Video of Icefin being deployed through the sea ice in McMurdo Sound, Antarctica.


But as Icefin has shown, the underside of the ice shelf can be dimpled, like a golf ball.
“The rougher that interface is, the more it can generate turbulence when water flows over it, and that turbulence is going to mix water,” says Robel.
This jagged topography can melt faster than flatter parts of the ice shelf’s belly.

This dynamic hasn’t been adequately represented in models of Antarctic glacier melt, which could be why they are melting faster than scientists had predicted, Robel says.
“There have been a number of different ideas about what could be causing this difference, but having real ground-truth observations from an actual glacier allows us to say, ‘Well, this idea is right, and this idea is wrong,’ and can help us improve those models,” says Robel—both to explain what’s already happening and to predict future changes.

Washam also thinks this dynamic might be leading to the breakup of ice shelves, because it creates crevasses that propagate upwards through the ice until pieces crack into the sea.
“Their main form of mass loss—how they lose their ice into the ocean—is actually from big old icebergs breaking off, because you have these crevasses that eventually break through,” he says.

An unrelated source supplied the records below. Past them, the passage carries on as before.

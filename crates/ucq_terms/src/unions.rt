//! Unions of queries.
ghost use Rattle.std.specs.Prelude.{◌≡◌, ◌<◌, ◌^◌, length, vec_len, slice_get, Some};

use crate::Query;
use std::marker::Model;

/// A union of queries: a list of fewer than 2^32 of them, which may be empty.
#[derive(Drop)]
pub struct Union {
    queries: Vec<Query>,
}

impl Model for Union {
    ghost use Rattle.std.specs.Prelude.{List, ◌<◌, ◌^◌, length};
    ghost use Rattle.ucq_terms.specs.Syntax.{Query as QueryValue};

    ghost Value = { List QueryValue };

    ghost view = { λ u. u.queries.items };

    ghost invariant = { λ u. length u.queries.items < 2 ^ 32 };
}

impl Union {
    /// The union of these queries, of which there are fewer than 2^32.
    pub fn new(queries: Vec<Query>) -> Union
        requires { vec_len queries < 2 ^ 32 }
        ensures { result ≡ queries.items }
    {
        Union { queries }
    }

    /// How many queries there are.
    pub fn len(&self) -> u32
        ensures { result ≡ length self.now }
    {
        self.queries.len() as u32
    }

    /// The query at the place.
    pub fn query(&self, place: u32) -> &Query
        requires { place < length self.now }
        ensures { slice_get self.now place ≡ Some result.now }
    {
        &self.queries[place as usize]
    }
}
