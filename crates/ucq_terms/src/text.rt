//! Texts of names, as keys.
ghost use Rattle.std.specs.Prelude.{◌≡◌, [], ◌∷◌, IfSome, IfOk};
ghost use Rattle.std.specs.Str.{bytes_eq};
ghost use Rattle.std.specs.Cmp.{on_per, on_equiv, partial_equiv_from_equiv};
ghost use Rattle.std.specs.Cmp.Lexicographic.{bytes_decides, nat_list_eq_equiv};
ghost use Rattle.std.proofs.Common.{ap};
ghost use Rattle.ucq_terms.specs.inner.Texts.{text_bytes};

use crate::NoMemory;
use arrayvec::ArrayVec;
use std::alloc::Global;
use std::hash::{Hash, Hasher};

/// A text, which a set holds or which is looked up there. A short one needs no memory of its own.
#[derive(Drop)]
pub(crate) enum Text<'a> {
    Short(ArrayVec<u8, 16>),
    Long(Vec<u8>),
    Asked(&'a [u8]),
}

impl<'a> Text<'a> {
    /// The bytes of the text.
    #[tactic(auto, unfolding(crate::specs::inner::Texts::text_bytes))]
    pub(crate) fn bytes(&self) -> &[u8]
        ensures { result.now ≡ text_bytes self.now }
    {
        match self {
            Text::Short(bytes) => bytes.as_slice(),
            Text::Long(bytes) => bytes.as_slice(),
            Text::Asked(bytes) => *bytes,
        }
    }
}

impl Text<'static> {
    /// A copy of the bytes, where they are few.
    #[tactic(auto, unfolding(crate::specs::inner::Texts::text_bytes))]
    pub(crate) fn short(bytes: &[u8]) -> Option<Text<'static>>
        ensures { IfSome result (λ t. text_bytes t ≡ bytes.now) }
    {
        let mut copy = ArrayVec::new();
        match copy.try_extend_from_slice(bytes) {
            Ok(()) => Some(Text::Short(copy)),
            Err(_) => None,
        }
    }

    /// A copy of the bytes, however many they are.
    #[tactic(auto, unfolding(crate::specs::inner::Texts::text_bytes))]
    pub(crate) fn long(alloc: Global, bytes: &[u8]) -> Result<Text<'static>, NoMemory>
        ensures { IfOk result (λ t. text_bytes t ≡ bytes.now) }
    {
        Ok(Text::Long(Vec::from_slice(alloc, bytes)?))
    }
}

impl<'a> PartialEq for Text<'a> {
    ghost eq = { λ s t. bytes_eq (text_bytes s) (text_bytes t) };

    ghost laws = { on_per text_bytes (partial_equiv_from_equiv nat_list_eq_equiv) };

    fn eq(&self, other: &Self) -> bool {
        self.bytes() == other.bytes()
    }
}

impl<'a> Eq for Text<'a> {
    ghost laws = { on_equiv text_bytes nat_list_eq_equiv };
}

// All bytes in one write, where a vector's own hash makes a write for each.
impl<'a> Hash for Text<'a> {
    ghost hash_input = { λ t. text_bytes t ∷ [] };

    ghost respects_eq = { λ s t same.
        ap (λ b. b ∷ []) ((bytes_decides (text_bytes s) (text_bytes t)).0 same) };

    fn hash<H: Hasher>(&self, state: &mut H) {
        state.write(self.bytes());
    }
}
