// The limits of programs, instances and records, each once. The definitions have them in specs/Limits of crate language.
#![tactic(auto)]

// Bytes of a program.
pub const LONGEST_PROGRAM: usize = 65_535;

pub const MOST_FAMILIES: usize = 4_096;

// Families that a call with a one-byte number can name; a call with a two-byte number names later ones.
pub const BYTE_FAMILIES: usize = 256;

pub const MOST_REGISTERS: usize = 255;

// Qubits of a program, and wires that an instance lays out.
pub const MOST_WIRES: usize = 65_535;

// Classical bits of a program.
pub const MOST_BITS: usize = 65_535;

// A size that an instance is asked at.
pub const LARGEST_SIZE: usize = 65_535;

// Index variables of a family.
pub const MOST_VARIABLES: usize = 4;

pub const MOST_PARAMETERS: usize = 8;

// Loops open at once.
pub const MOST_LOOPS: usize = 8;

// Index variables in scope at once.
pub const ALL_VARIABLES: usize = MOST_VARIABLES + MOST_LOOPS;

// Levels of nested statements, and of nested indexes.
pub const DEEPEST: usize = 16;

// A form's numbers and an index's values lie from −FURTHEST to FURTHEST.
pub const FURTHEST: i64 = 2_000_000_000;

// Bytes of a record.
pub const RECORD_SIZE: usize = 12;

// A phase's k: its angle is one turn, halved k times.
pub const MOST_HALVINGS: usize = 63;
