// The library's calls from C, as a static library: each calls the function of the same name in crate metaqasm and promises
// what that one promises (include/metaqasm.h).
#![tactic(auto)]

ghost use Rattle.std.specs.Prelude.{◌≡◌, ◌*◌, ◌≤◌, length};
ghost use Rattle.language.specs.Result.{finished, check_result, instance_outcome, run_outcome};
ghost use Rattle.language.specs.Limits.{record_size};
ghost use Rattle.qasm_text.specs.TextResult.{text_finished, run_text_outcome, instance_text_outcome};
ghost use Rattle.metaqasm.specs.Answers.{answered, SoundRun, SoundInstance};
ghost use Rattle.metaqasm.specs.TextAnswers.{text_answered, SoundRunText, SoundInstanceText};

use metaqasm::{MetaqasmResult, MetaqasmTextResult};

// Checks a program.
#[unsafe(no_mangle)]
pub extern "C" fn metaqasm_check(program: &[u8]) -> MetaqasmResult
    ensures { answered result ≡ check_result program.now }
{
    metaqasm::metaqasm_check(program)
}

// Writes the gate list of the whole program. The first promise rules out that the machine is stuck. The second says, where
// the check gives 0, that the answer is the machine's own, 0 exactly where it came to its end, which ends are possible, what
// the records name and which bytes are kept. The others are parts of it that hold for every program.
#[unsafe(no_mangle)]
pub extern "C" fn metaqasm_run(program: &[u8], limit: u64, output: &mut [u8]) -> MetaqasmResult
    ensures outcome { run_outcome program.now limit output.old ≡ finished (record { result = answered result; output = output.new }) }
    ensures sound { SoundRun program.now limit output.old (record { result = answered result; output = output.new }) }
    ensures records_in_bounds { record_size * result.records ≤ length output.new }
    ensures steps_le_limit { result.steps ≤ limit }
{
    metaqasm::metaqasm_run(program, limit, output)
}

// Writes the gate list of one family at given sizes, with the same promises; a family with a family parameter has none.
#[unsafe(no_mangle)]
pub extern "C" fn metaqasm_instance(
    program: &[u8],
    family: u32,
    sizes: &[u8],
    limit: u64,
    output: &mut [u8],
) -> MetaqasmResult
    ensures outcome { instance_outcome program.now family sizes.now limit output.old ≡ finished (record { result = answered result; output = output.new }) }
    ensures sound { SoundInstance program.now family sizes.now limit output.old (record { result = answered result; output = output.new }) }
    ensures records_in_bounds { record_size * result.records ≤ length output.new }
    ensures steps_le_limit { result.steps ≤ limit }
{
    metaqasm::metaqasm_instance(program, family, sizes, limit, output)
}

// Runs the whole program, and prints its list where it is complete. The first promise says what result, output and text are,
// for all inputs. The second says, where the check gives 0, that the run behind it is the machine's own, which ends are
// possible, that the text is that of the machine's list and which bytes are kept. The others are parts of it that hold for
// every program.
#[unsafe(no_mangle)]
pub extern "C" fn metaqasm_run_text(
    program: &[u8],
    limit: u64,
    output: &mut [u8],
    text: &mut [u8],
) -> MetaqasmTextResult
    ensures outcome { run_text_outcome program.now limit output.old text.old ≡ text_finished (record { result = text_answered result; output = output.new; text = text.new }) }
    ensures sound { SoundRunText program.now limit output.old text.old (record { result = text_answered result; output = output.new; text = text.new }) }
    ensures records_in_bounds { record_size * result.records ≤ length output.new }
    ensures steps_le_limit { result.steps ≤ limit }
    ensures length_in_bounds { result.length ≤ length text.new }
{
    metaqasm::metaqasm_run_text(program, limit, output, text)
}

// Runs one family at given sizes, and prints its list where it is complete, with the same promises.
#[unsafe(no_mangle)]
pub extern "C" fn metaqasm_instance_text(
    program: &[u8],
    family: u32,
    sizes: &[u8],
    limit: u64,
    output: &mut [u8],
    text: &mut [u8],
) -> MetaqasmTextResult
    ensures outcome { instance_text_outcome program.now family sizes.now limit output.old text.old ≡ text_finished (record { result = text_answered result; output = output.new; text = text.new }) }
    ensures sound { SoundInstanceText program.now family sizes.now limit output.old text.old (record { result = text_answered result; output = output.new; text = text.new }) }
    ensures records_in_bounds { record_size * result.records ≤ length output.new }
    ensures steps_le_limit { result.steps ≤ limit }
    ensures length_in_bounds { result.length ≤ length text.new }
{
    metaqasm::metaqasm_instance_text(program, family, sizes, limit, output, text)
}
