//! Methods are entered.

ghost use Rattle.std.specs.Prelude.{◌≡◌, ◌≤◌, ◌<◌, ℕ, IfOk, None, Some, length};
ghost use Rattle.jvm_model.specs.{Entries.Entries, World.World};
ghost use Rattle.vm_mem.specs.Refines.{Refines};
ghost use Rattle.vm_tables.specs.Methods.{call_descriptor_of};
ghost use Rattle.vm_calls.specs.{Calls.method_row, Calls.selected_row, Choices.selected_of};

use crate::choice::Choice;
use et_base::NoMemory;
use jvm_model::{ABSTRACT_METHOD_ERROR, Next, Program, STACK_OVERFLOW_ERROR};
use vm_frames::{FrameStack, PushFault};
use vm_tables::Tables;

/// Enters a method with so many of the topmost operands as its arguments, the receiver among them: its frame is on top, and
/// its cost and the 1 of the step are counted. A full list of entries faults with StackOverflowError, a method without code
/// with AbstractMethodError; a built-in method leaves the operands as they are and counts nothing.
#[inline(always)]
#[tactic(auto, unfolding(jvm_model::specs::RowsCalls::calls))]
pub(crate) fn enter_method(
    stack: &mut FrameStack,
    tables: &Tables,
    method: u32,
    arguments: usize,
    left: &mut u64,
) -> Result<Next, NoMemory>
    requires arguments { arguments ≤ length stack.old.top.stack }
    ensures { IfOk result (λ x. (w : World) → Refines (method_row method arguments)
        tables.now w stack.old left.old x stack.new w left.new) }
{
    let Some(call_descriptor) = tables.call_descriptor(method) else {
        return Ok(without_descriptor(tables.program(), method));
    };
    if stack.is_full() {
        return Ok(Next::Fault {
            class: STACK_OVERFLOW_ERROR,
        });
    }
    let cost = u64::from(call_descriptor.cost);
    if *left < cost {
        return Ok(Next::Over);
    }
    match stack.enter(method, call_descriptor.max_locals, arguments) {
        Ok(()) => {}
        Err(PushFault::Deep) => unreachable!(),
        Err(PushFault::NoMemory) => return Err(NoMemory {}),
    }
    *left -= cost;
    Ok(Next::Enter { method })
}

/// What the call of a method answers that is built-in or has no code.
#[inline(never)]
#[tactic(auto, unfolding(jvm_model::specs::RowsCalls::calls))]
fn without_descriptor(p: &Program, method: u32) -> Next
    requires { call_descriptor_of p.now method ≡ None }
    ensures { (n left : ℕ) (s : Entries) (w : World) → n ≤ length s.top.stack
        → Refines (method_row method n) p.now w s left result s w left }
{
    if let Some(record) = p.method(method) {
        if record.native.is_some() {
            return Next::Enter { method };
        }
    }
    Next::Fault {
        class: ABSTRACT_METHOD_ERROR,
    }
}

/// Enters the method that a call selected, or throws the error that it selected.
#[inline(always)]
pub(crate) fn enter_choice(
    stack: &mut FrameStack,
    tables: &Tables,
    choice: Choice,
    arguments: usize,
    left: &mut u64,
) -> Result<Next, NoMemory>
    requires arguments { arguments ≤ length stack.old.top.stack }
    ensures { IfOk result (λ x. (w : World) → Refines (selected_row (selected_of choice) arguments)
        tables.now w stack.old left.old x stack.new w left.new) }
{
    match choice {
        Choice::Chosen { method } => enter_method(stack, tables, method, arguments, left),
        Choice::Failing { class } => Ok(Next::Fault { class }),
    }
}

A second paper published today in Science Advances offers more troubling news from the grounding line.
In this one, a team from four institutions modeled the environment underneath the Denman and Scott Glaciers in East Antarctica.
These two glaciers could together add 1.5 meters (5 feet) to sea level rise if they disappeared.
The modeling found long rivers of freshwater flowing from the interior of the ice sheets toward the coast, caused by geothermal heat warming the underside of the glaciers, plus the friction of all that ice grinding against the ground.

When that freshwater dumps into the ocean at the grounding line, it provides turbulence that draws relatively warm ocean water closer to the grounding line, enhancing melting.
“As we thin the ice shelf, we're essentially weakening this dam,” says Scripps Institution of Oceanography glaciologist Tyler Pelle, lead author of the new paper.
“This is especially important at the grounding line, just because it is that glacier’s very last contact point with the bedrock.
We're essentially, at this point, thinning the most sensitive part.”

Scientists know how freshwater drives melt, but “we've never modeled how these very localized melt enhancements could drive glacial retreat on century timescales, which is what's important in terms of sea level rise,” Pelle says.
The new modeling finds that such subglacial discharge could increase the sea level rise contribution of the Denman and Scott glaciers by about 16 percent by the year 2300 in scenarios of high greenhouse gas emissions.
These rivers of subglacial water run beneath most Antarctic glaciers, including Thwaites.
“We think that we could really be underestimating Antarctica's global contribution to sea level rise, because we're not accounting for this process,” Pelle adds.

Taken together, these papers add to our rapidly evolving understanding of the hidden processes driving the decline of Antarctica’s glaciers, and they underscore the urgent need to reduce carbon emissions.
“These systems aren’t yet doomed to collapse and add meters to global sea level.
It all depends on how much CO2 we continue to add to the atmosphere and the impact of that on ocean warming,” says University of Waterloo glaciologist Christine Dow, coauthor of the groundwater paper.
“It’s not too late to prevent their collapse.
But, as these models show, we’re running out of time.”